### Assigned task
Search the material and gather each line with "Exported" in it.

### Available records
________________________
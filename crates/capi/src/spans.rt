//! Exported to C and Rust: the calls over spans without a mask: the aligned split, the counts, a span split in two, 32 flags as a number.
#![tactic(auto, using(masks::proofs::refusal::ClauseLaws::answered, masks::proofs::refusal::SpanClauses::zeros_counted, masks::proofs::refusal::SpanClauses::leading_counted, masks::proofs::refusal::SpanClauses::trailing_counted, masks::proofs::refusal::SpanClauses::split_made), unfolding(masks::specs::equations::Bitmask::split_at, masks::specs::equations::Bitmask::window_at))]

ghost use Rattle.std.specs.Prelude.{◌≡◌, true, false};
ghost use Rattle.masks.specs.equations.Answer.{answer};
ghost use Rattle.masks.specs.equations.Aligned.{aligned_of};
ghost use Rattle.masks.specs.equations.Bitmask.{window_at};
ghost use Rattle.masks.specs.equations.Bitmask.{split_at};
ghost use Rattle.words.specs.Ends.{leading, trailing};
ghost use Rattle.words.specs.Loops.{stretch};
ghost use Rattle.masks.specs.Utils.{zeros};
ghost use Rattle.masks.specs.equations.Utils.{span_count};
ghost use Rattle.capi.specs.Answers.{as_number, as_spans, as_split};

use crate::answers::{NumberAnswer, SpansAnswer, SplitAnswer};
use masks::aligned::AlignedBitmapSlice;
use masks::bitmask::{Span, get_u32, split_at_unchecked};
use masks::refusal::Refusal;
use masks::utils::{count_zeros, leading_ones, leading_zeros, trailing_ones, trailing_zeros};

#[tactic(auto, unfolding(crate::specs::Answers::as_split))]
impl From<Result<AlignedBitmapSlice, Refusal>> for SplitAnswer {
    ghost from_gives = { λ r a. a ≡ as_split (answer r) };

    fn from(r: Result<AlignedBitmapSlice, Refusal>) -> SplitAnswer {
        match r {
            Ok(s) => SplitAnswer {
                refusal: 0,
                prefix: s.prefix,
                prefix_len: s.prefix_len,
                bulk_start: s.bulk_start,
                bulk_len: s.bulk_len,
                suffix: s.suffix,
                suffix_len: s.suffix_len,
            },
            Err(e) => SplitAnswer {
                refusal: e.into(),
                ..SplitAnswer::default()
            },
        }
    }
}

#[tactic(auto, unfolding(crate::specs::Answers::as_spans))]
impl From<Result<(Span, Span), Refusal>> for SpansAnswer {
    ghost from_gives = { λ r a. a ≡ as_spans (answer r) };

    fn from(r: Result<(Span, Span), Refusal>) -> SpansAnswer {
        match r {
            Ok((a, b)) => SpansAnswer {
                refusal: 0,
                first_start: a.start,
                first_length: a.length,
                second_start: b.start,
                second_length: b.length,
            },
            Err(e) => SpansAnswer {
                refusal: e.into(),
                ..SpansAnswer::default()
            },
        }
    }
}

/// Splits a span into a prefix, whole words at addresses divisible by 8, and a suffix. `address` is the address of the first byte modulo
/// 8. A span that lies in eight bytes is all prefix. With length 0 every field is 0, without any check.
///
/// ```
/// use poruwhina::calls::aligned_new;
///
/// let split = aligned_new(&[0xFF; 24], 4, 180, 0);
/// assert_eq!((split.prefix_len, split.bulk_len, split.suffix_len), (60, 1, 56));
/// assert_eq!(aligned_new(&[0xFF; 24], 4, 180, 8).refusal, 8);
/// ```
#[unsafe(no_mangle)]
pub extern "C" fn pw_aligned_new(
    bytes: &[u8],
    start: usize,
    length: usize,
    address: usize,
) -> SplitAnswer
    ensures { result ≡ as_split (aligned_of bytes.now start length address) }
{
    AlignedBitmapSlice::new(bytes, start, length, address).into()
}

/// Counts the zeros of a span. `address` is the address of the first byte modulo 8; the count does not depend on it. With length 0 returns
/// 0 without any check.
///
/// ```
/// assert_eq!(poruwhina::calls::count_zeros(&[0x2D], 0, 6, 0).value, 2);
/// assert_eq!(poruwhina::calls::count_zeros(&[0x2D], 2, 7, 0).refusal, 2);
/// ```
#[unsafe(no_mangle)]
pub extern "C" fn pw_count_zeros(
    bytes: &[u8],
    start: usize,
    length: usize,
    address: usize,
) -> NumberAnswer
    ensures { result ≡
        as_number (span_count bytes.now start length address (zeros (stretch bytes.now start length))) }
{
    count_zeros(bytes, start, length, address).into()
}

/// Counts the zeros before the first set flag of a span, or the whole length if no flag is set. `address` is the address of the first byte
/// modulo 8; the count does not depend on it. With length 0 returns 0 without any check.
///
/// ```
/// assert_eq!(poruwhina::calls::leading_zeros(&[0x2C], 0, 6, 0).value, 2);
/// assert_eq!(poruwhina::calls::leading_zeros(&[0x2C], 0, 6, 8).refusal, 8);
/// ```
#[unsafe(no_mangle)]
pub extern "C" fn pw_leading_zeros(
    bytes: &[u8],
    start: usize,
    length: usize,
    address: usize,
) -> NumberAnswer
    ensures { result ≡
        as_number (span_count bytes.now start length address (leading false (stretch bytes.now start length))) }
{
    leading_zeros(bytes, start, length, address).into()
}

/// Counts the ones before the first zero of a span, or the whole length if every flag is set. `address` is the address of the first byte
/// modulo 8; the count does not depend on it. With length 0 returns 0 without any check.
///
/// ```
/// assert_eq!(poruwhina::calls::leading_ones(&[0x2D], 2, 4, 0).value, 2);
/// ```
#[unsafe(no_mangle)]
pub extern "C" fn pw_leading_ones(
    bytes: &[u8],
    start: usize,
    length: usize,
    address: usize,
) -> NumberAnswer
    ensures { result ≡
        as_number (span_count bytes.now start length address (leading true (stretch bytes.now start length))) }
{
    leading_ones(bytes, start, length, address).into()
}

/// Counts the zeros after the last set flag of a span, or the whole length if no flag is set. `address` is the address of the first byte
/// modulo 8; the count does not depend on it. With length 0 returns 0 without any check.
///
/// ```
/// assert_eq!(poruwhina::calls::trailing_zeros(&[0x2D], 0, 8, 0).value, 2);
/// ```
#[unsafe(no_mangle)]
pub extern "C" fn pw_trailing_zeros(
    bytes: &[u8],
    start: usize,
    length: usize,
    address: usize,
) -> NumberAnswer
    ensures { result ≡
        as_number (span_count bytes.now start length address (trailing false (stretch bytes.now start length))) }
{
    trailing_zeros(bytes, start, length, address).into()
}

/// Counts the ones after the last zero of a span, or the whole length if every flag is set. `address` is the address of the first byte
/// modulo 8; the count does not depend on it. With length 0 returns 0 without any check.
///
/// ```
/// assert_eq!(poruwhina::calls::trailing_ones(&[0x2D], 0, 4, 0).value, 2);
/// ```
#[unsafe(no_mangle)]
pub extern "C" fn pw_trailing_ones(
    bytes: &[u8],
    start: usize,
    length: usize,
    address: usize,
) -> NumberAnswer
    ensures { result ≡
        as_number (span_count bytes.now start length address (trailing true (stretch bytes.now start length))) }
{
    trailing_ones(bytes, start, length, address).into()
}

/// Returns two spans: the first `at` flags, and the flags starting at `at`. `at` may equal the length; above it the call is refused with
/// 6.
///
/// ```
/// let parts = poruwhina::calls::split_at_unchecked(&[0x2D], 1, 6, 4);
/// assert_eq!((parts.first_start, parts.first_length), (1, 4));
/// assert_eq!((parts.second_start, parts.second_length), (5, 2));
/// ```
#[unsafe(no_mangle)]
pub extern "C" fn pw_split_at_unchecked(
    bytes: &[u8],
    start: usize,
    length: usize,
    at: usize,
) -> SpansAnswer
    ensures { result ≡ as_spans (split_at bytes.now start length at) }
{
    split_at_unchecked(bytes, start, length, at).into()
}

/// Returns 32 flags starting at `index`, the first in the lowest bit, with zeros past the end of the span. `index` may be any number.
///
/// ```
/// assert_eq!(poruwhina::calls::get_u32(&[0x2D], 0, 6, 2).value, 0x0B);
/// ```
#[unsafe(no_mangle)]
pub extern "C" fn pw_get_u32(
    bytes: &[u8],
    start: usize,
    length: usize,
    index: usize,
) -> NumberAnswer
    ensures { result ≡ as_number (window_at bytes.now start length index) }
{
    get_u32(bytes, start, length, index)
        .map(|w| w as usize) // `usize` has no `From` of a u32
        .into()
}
________________________
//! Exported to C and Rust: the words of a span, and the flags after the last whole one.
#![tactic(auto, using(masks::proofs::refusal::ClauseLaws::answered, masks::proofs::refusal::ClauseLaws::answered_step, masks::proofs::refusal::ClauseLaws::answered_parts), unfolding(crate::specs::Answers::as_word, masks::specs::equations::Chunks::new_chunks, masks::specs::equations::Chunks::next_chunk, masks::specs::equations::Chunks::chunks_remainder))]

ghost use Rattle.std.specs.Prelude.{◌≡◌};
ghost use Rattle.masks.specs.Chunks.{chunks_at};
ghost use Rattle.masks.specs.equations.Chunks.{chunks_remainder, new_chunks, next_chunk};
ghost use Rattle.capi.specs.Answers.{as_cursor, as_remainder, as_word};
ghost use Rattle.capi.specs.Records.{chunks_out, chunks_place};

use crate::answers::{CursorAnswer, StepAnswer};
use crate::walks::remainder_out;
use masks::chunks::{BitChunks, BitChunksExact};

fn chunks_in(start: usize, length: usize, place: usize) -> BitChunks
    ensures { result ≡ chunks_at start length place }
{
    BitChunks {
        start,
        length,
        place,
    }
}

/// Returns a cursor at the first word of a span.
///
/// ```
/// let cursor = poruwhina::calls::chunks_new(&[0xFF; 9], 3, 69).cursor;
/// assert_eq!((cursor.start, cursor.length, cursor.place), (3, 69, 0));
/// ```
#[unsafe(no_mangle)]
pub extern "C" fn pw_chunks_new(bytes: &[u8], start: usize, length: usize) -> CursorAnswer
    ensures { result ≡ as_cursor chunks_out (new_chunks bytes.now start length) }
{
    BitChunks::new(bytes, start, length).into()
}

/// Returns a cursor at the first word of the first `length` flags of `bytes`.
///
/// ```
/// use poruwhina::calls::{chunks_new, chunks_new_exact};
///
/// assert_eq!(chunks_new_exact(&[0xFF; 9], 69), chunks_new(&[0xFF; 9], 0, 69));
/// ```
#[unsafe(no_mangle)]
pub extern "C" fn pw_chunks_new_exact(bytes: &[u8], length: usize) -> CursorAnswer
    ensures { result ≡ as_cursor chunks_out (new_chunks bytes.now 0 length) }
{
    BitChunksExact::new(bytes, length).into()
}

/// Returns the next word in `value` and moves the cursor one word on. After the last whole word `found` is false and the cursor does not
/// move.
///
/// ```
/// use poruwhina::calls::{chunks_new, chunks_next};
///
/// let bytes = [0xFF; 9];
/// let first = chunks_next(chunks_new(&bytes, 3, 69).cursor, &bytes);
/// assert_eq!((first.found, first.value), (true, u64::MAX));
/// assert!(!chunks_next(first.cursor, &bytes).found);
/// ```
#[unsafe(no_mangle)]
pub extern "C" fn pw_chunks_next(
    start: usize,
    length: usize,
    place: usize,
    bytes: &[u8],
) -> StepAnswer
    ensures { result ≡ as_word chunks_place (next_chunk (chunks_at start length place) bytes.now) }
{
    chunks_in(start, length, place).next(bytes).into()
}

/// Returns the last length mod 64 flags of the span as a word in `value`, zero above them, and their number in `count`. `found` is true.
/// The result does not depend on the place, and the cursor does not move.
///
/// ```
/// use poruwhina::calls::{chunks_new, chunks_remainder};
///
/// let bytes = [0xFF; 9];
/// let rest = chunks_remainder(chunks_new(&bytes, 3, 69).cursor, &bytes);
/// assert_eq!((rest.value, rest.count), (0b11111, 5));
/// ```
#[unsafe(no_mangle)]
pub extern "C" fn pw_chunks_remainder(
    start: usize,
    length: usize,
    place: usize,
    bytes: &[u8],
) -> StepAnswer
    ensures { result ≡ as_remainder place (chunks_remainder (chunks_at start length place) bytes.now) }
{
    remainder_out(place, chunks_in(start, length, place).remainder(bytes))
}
________________________
### Result
//! Exported to C and Rust: the calls over spans without a mask: the aligned split, the counts, a span split in two, 32 flags as a number.
//! Exported to C and Rust: the words of a span, and the flags after the last whole one.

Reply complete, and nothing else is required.